Thanks in part to growth in this line of business, Unity reported 36% year-over-year revenue growth for the first quarter, but saw its net loss per share jump by more than 50%.

Despite the company’s promising growth outlook, mounting losses and slowing sales growth led to an 80% drop in the share price from all-time highs and its lowest price-to-value ratio. sales (P/S) since its IPO.

Table of U PS ratios

U PS Ratio data by YCharts

Although this P/S ratio is still twice that of the median technology stock in the S&P500 index, Unity’s deal with The Orlando Economic Partnership to build a digital twin for the 800-square-mile region may be a glimpse of the company’s long-term optionality potential.


With TechCrunch predicting 2020 connected television (CTV) ad spend will double by the end of 2022, it’s not shocking to hear from this streaming TV juggernaut netflix plans to launch an ad-supported pricing tier soon. In view of these intentions, rumors circulating that Netflix was considering an acquisition of Roku (ROKU 1.51%) and its advertising platform make sense in theory – but that may be difficult to pull off due to the latter’s reasonably large market cap of $12 billion.

Roku’s advertising partnerships with AMC Networks and World Paramount and its content distribution agreements with YouTube and disney — all of which are competitors of Netflix.

Posting 39% year-over-year sales growth for the first quarter of 2022 in its core platform segment, Roku showed that its trio of advertising operations, The Roku Channel, and distribution of content on its operating system all seem more vital than ever.

ROKU Earnings Chart (TTM)

ROKU Revenue Data (TTM) by YCharts

As returning advertisers increase their spend by more than 50% year-over-year with Roku, expect the business to continue to thrive amid the continued shift of advertising from linear TV to connected television.

4. Match Group

While Statista predicts the online dating industry will only grow 6% per year through 2026, Matching groupit is (MTCH 2.67%) its leadership position and huge free cash flow margins of 30% make it an easy stock to buy under $100.

With its number of paying members and revenue per payer up 13% and 6%, respectively, in the first quarter of 2022, Match Group’s overall revenue jumped 20% over the same period.

Delivering promising growth since the completion of its spin-off IAC/InterActiveCorp (IAC 2.23%) in 2020, Match Group hosts 16 million paid accounts and the world’s most downloaded dating app, Tinder.

MTCH (TTM) Earnings Chart

MTCH Earnings Data (TTM) by YCharts

Highlighting its leadership position, 60% of American couples who met on a dating app did so on a Match Group brand.
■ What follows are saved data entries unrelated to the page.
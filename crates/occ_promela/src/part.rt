//! The parts of a program.

ghost use Rattle.std.specs.Prelude.{◌≡◌, false};
ghost use Rattle.occ_syntax.specs.Declarations.{is_declaration};
ghost use Rattle.occ_syntax.specs.View.{tree};

use crate::model::Model;
use crate::text::{begin, line, put};
use occ_syntax::{Expr, Guard, Memory, Name, Proc, Wait, push_number};

impl Model {
    /// Adds a part at a level. A row of declarations is gone through in a loop, since there may be thousands.
    #[cycle(part)]
    pub(crate) fn put_part(
        &mut self,
        text: &mut Vec<u8>,
        level: usize,
        part: &Proc,
    ) -> Result<(), Memory> {
        let outside = self.scope.entries.len();
        let mut rest = part;
        while let Some((name, kind, body)) = rest.declared() {
            self.enter(name, kind)?;
            self.put_choice(text, level, name, kind)?;
            rest = body;
        }
        self.put_undeclared(text, level, rest)?;
        self.scope.entries.truncate(outside);
        Ok(())
    }

    #[tactic(auto, unfolding(crate::specs::tree))]
    #[cycle(part)]
    fn put_undeclared(
        &mut self,
        text: &mut Vec<u8>,
        level: usize,
        part: &Proc,
    ) -> Result<(), Memory>
        requires { is_declaration (tree part.now) ≡ false }
    {
        match part {
            Proc::Skip => line(text, level, b"skip;"),
            Proc::Stop => line(text, level, b"false;"),
            Proc::Assign { vars, values } => {
                self.put_assignment(text, level, vars.items(), values.items())
            }
            Proc::Input { chan, var } => {
                begin(text, level)?;
                self.put_input(text, *chan, *var, None)?;
                put(text, b";\n")
            }
            Proc::Output { chan, value } => {
                begin(text, level)?;
                self.put_output(text, *chan, value, None)?;
                put(text, b";\n")
            }
            Proc::Seq(parts) => self.put_row(text, level, parts.items()),
            Proc::Par(parts) => self.put_par(text, level, parts.items()),
            Proc::If(choices) => self.put_choices(text, level, choices.items()),
            Proc::Alt(alternatives) => self.put_branches(text, level, alternatives.items()),
            Proc::Var { .. } | Proc::Chan { .. } => unreachable!(),
        }
    }

    #[cycle(part)]
    fn put_row(&mut self, text: &mut Vec<u8>, level: usize, parts: &[Proc]) -> Result<(), Memory> {
        line(text, level, b"skip;")?;
        for part in parts {
            self.put_part(text, level, part)?;
        }
        Ok(())
    }

    /// Adds the run of the parts of a PAR, and waits until all have counted themselves.
    #[cycle(part)]
    fn put_par(&mut self, text: &mut Vec<u8>, level: usize, parts: &[Proc]) -> Result<(), Memory> {
        let counter = self.number();
        put(&mut self.head, b"byte n")?;
        push_number(&mut self.head, counter)?;
        put(&mut self.head, b";\n")?;
        begin(text, level)?;
        put(text, b"atomic { skip")?;
        for part in parts {
            let number = self.number();
            self.put_process(number, counter, part)?;
            put(text, b"; run p")?;
            push_number(text, number)?;
            put(text, b"()")?;
        }
        put(text, b" };\n")?;
        begin(text, level)?;
        put(text, b"n")?;
        push_number(text, counter)?;
        put(text, b" == ")?;
        push_number(text, parts.len() as u64)?;
        put(text, b";\n")
    }

    /// Adds the process of a part of a PAR.
    #[cycle(part)]
    fn put_process(&mut self, number: u64, counter: u64, part: &Proc) -> Result<(), Memory> {
        let mut own = Vec::new(self.alloc);
        put(&mut own, b"\nproctype p")?;
        push_number(&mut own, number)?;
        put(&mut own, b"() {\n")?;
        self.put_part(&mut own, 1, part)?;
        put(&mut own, b"  n")?;
        push_number(&mut own, counter)?;
        put(&mut own, b"++\n}\n")?;
        put(&mut self.parts, own.as_slice())
    }

    #[cycle(part)]
    fn put_choices(
        &mut self,
        text: &mut Vec<u8>,
        level: usize,
        choices: &[(Expr, Proc)],
    ) -> Result<(), Memory> {
        for (condition, part) in choices {
            line(text, level, b"if")?;
            begin(text, level)?;
            put(text, b":: ")?;
            self.scope.put_expression(text, condition)?;
            put(text, b" ->\n")?;
            self.put_part(text, level.saturating_add(1), part)?;
            line(text, level, b":: else ->")?;
        }
        line(text, level, b"false;")?;
        for _choice in choices {
            line(text, level, b"fi;")?;
        }
        Ok(())
    }

    #[cycle(part)]
    fn put_branches(
        &mut self,
        text: &mut Vec<u8>,
        level: usize,
        branches: &[(Guard, Proc)],
    ) -> Result<(), Memory> {
        if branches.is_empty() {
            return line(text, level, b"false;");
        }
        line(text, level, b"if")?;
        for (guard, part) in branches {
            begin(text, level)?;
            put(text, b":: ")?;
            self.put_guard(text, guard)?;
            put(text, b" ->\n")?;
            self.put_part(text, level.saturating_add(1), part)?;
        }
        line(text, level, b"fi;")
    }

    fn put_guard(&self, text: &mut Vec<u8>, guard: &Guard) -> Result<(), Memory> {
        let condition = match &guard.condition {
            Expr::Bool(true) => None,
            condition => Some(condition),
        };
        match &guard.wait {
            Wait::Skip => self.scope.put_expression(text, &guard.condition),
            Wait::Get { chan, var } => self.put_input(text, *chan, *var, condition),
            Wait::Put { chan, value } => self.put_output(text, *chan, value, condition),
        }
    }

    /// Adds the input of a guard. Where the condition is false it is one from a channel to which nobody outputs. The value is kept until
    /// the input is over, since Spin looks at the condition once more.
    fn put_input(
        &self,
        text: &mut Vec<u8>,
        chan: Name,
        var: Name,
        condition: Option<&Expr>,
    ) -> Result<(), Memory> {
        if condition.is_some() {
            put(text, b"atomic { ")?;
            self.put_channel(text, chan, condition, b"0")?;
            put(text, b"?t0 -> ")?;
            self.scope.put_name(text, var)?;
            return put(text, b" = t0 }");
        }
        self.put_channel(text, chan, None, b"0")?;
        put(text, b"?")?;
        self.scope.put_name(text, var)
    }

    /// Adds an output. Where the condition is false it is one to a channel from which nobody inputs.
    fn put_output(
        &self,
        text: &mut Vec<u8>,
        chan: Name,
        value: &Expr,
        condition: Option<&Expr>,
    ) -> Result<(), Memory> {
        self.put_channel(text, chan, condition, b"1")?;
        put(text, b"!")?;
        self.scope.put_expression(text, value)
    }

    fn put_channel(
        &self,
        text: &mut Vec<u8>,
        chan: Name,
        condition: Option<&Expr>,
        other: &[u8],
    ) -> Result<(), Memory> {
        put(text, b"ch[")?;
        let Some(condition) = condition else {
            self.scope.put_name(text, chan)?;
            return put(text, b"]");
        };
        put(text, b"(")?;
        self.scope.put_expression(text, condition)?;
        put(text, b" -> ")?;
        self.scope.put_name(text, chan)?;
        put(text, b" : ")?;
        put(text, other)?;
        put(text, b")]")
    }

    /// Adds an assignment. All values are kept until the last is known.
    fn put_assignment(
        &mut self,
        text: &mut Vec<u8>,
        level: usize,
        vars: &[Name],
        values: &[Expr],
    ) -> Result<(), Memory> {
        self.most = self.most.max(values.len());
        begin(text, level)?;
        put(text, b"d_step { skip")?;
        for (place, value) in values.iter().enumerate() {
            put(text, b"; t")?;
            push_number(text, place as u64)?;
            put(text, b" = ")?;
            self.scope.put_expression(text, value)?;
        }
        for (place, name) in vars.iter().enumerate() {
            put(text, b"; ")?;
            self.scope.put_name(text, *name)?;
            put(text, b" = t")?;
            push_number(text, place as u64)?;
        }
        put(text, b" };\n")
    }
}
Thanks to this dominance in the online dating industry, the company looks very intriguing, trading at just 24 times free cash flow.

Chart of MTCH Price to Free Cash Flow

MTCH Price to Free Cash Flow Data by YCharts

Whenever a company’s revenue growth rate nearly matches its price against FCF, it should grab investors’ attention because it highlights growth at a fair price, making growth 20 % of Match Group at 24 times FCF attractive. Thanks to this favorable valuation and its potential for global expansion, Match Group offers long-term multibagger prospects.